"Salty Stone": A Subrealist Reinterpretation of Van Gogh's Portrait of Augustine Roulin in the Context of Digital and Physical Hybridity
Conceptual Synthesis: Between Abstraction, History, and Digital Transfiguration
My reinterpretation of the Portrait of Augustine Roulin under the title "Salty Stone" draws on multiple, intertwined conceptual layers:
The Allegory of Salt as Historical and Economic Memory
Salt, once a currency and a marker of wealth, becomes a metaphor for the sedimentation of cultural values: how meaning accumulates like salt deposits on stone, shaped by time and erosion.
The "taste of salt" left by the sea suggests both preservation (salt historically preventing decay) and transformation (waves wearing away stone). This duality reflects Van Gogh's own tension between permanence and flux, structure and dissolution.
Abstract Expressionism as a Contemporary Ritual
The work evokes the gestural abstraction of mid-20th-century Expressionism, but transposed through a digital prism. The brushstrokes (acrylic on canvas) are photographed, cut out, and digitally recomposed, creating a palimpsest where the "artist's hand" is both preserved and destabilized.
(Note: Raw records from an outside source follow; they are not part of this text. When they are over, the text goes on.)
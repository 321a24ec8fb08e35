//! A link in memory.

ghost use Rattle.std.specs.Prelude.{◌≡◌, ◌≤◌, [], length};
ghost use Rattle.exchange_core.specs.Exchange.{new_exchange};

use crate::acceptor::Acceptor;
use crate::memory_plan::MemoryPlan;
use crate::recording::Recording;
use clock::Clock;
use dialect::Dialect;
use exchange_core::Exchange;
use fix_tags::Config;
use link::{Got, Link, LinkFault};
use std::alloc::Global;
use std::time::Duration;

/// A link in memory round an exchange, which takes each byte as it is written. The link tells its bytes, and carries
/// them as it is planned. A call also fails where memory is refused.
#[derive(Drop)]
pub struct MemoryLink<D: Dialect, C: Clock> {
    plan: MemoryPlan,
    acceptor: Acceptor<D, C>,
    recording: Recording,
    // How many calls were made.
    calls: u64,
}

impl<D: Dialect, C: Clock> MemoryLink<D, C> {
    /// A link that isn't dialled yet, to an exchange before anything came. It takes no memory.
    pub fn new(
        alloc: Global,
        dialect: D,
        clock: C,
        config: Config,
        plan: MemoryPlan,
    ) -> MemoryLink<D, C>
        ensures exchange { result.acceptor.engine.exchange ≡ new_exchange config }
        ensures recording { result.recording ≡ record { traffic = []; faults = 0 } }
    {
        MemoryLink {
            plan,
            acceptor: Acceptor::new(alloc, dialect, clock, config, plan.exchange),
            recording: Recording::new(alloc),
            calls: 0,
        }
    }

    /// The exchange as it is.
    pub fn exchange(&self) -> &Exchange
        ensures { result.now ≡ self.now.acceptor.engine.exchange }
    {
        self.acceptor.exchange()
    }

    /// Puts what comes next at the front of a buffer, and says how many bytes.
    fn put_next(&self, buf: &mut [u8]) -> usize
        ensures { result ≤ length buf.new }
    {
        match self.plan.noise {
            None => self.acceptor.copy_waiting(self.plan.most_read, buf),
            Some(byte) => {
                let count = buf.len().min(self.plan.most_read);
                buf[..count].fill(byte);
                count
            }
        }
    }
}

/// Counts a call, and says whether it is the one that fails.
fn counted(calls: &mut u64, fails_at: u64) -> bool {
    *calls = calls.saturating_add(1);
    *calls == fails_at
}

impl<D: Dialect + Drop, C: Clock + Drop> Link for MemoryLink<D, C> {
    ghost use Rattle.std.specs.Prelude.{Some};

    ghost wire = { λ link. Some link.recording.traffic };

    ghost fault_count = { λ link. link.recording.faults };

    fn dial(&mut self) -> Result<(), LinkFault> {
        self.acceptor.disconnect();
        if counted(&mut self.calls, self.plan.fails_at) {
            return Err(self.recording.fault());
        }
        self.recording.dialled()?;
        self.acceptor.connect();
        Ok(())
    }

    fn read(&mut self, buf: &mut [u8]) -> Result<Got, LinkFault> {
        if counted(&mut self.calls, self.plan.fails_at) {
            return Err(self.recording.fault());
        }
        if !self.acceptor.is_connected() {
            return Ok(Got::End);
        }
        let count = self.put_next(buf);
        if count == 0 {
            return Ok(Got::Nothing);
        }
        self.recording.gave(buf.split_at(count).0)?;
        self.acceptor.pass(count);
        Ok(Got::Bytes(count))
    }

    fn heard(&mut self, _left: usize) {}

    fn came_up(&mut self) {}

    fn write(&mut self, bytes: &[u8]) -> Result<usize, LinkFault> {
        if counted(&mut self.calls, self.plan.fails_at) || !self.acceptor.is_connected() {
            return Err(self.recording.fault());
        }
        let count = bytes.len().min(self.plan.most_written.max(1));
        let taken = bytes.split_at(count).0;
        match self.acceptor.receive(taken) {
            Ok(()) => {}
            Err(_) => return Err(self.recording.fault()),
        }
        self.recording.wrote(taken)?;
        Ok(count)
    }

    // The exchange has answered already: whatever comes is there to read.
    fn rest(&mut self, _most: Duration) {}

    fn shut(&mut self) -> Result<(), LinkFault> {
        self.acceptor.disconnect();
        if counted(&mut self.calls, self.plan.fails_at) {
            return Err(self.recording.fault());
        }
        Ok(())
    }

    fn faults(&self) -> u64 {
        self.recording.faults()
    }
}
The minimalist stop-motion animation introduces a temporal dimension, echoing the slow geological time of salt crystallization, as a counterpoint to the immediacy of digital culture.
Subrealism and Subgnosticism
My approach to subgnosticism clearly transfigures the cryptic layering of meaning: the "stone" is both the face of Augustine (a classical portrait dissolved into abstraction) and a symbol of Gnostic panspermia—the idea that knowledge, like salt, disperses and accumulates over time. The technique of digital decoupage functions as a deconstructive ritual, erasing the "aura" (Benjamin) of the original while incorporating new mythologies, mirroring Derrida's archival violence, where reinterpretation crushes the source.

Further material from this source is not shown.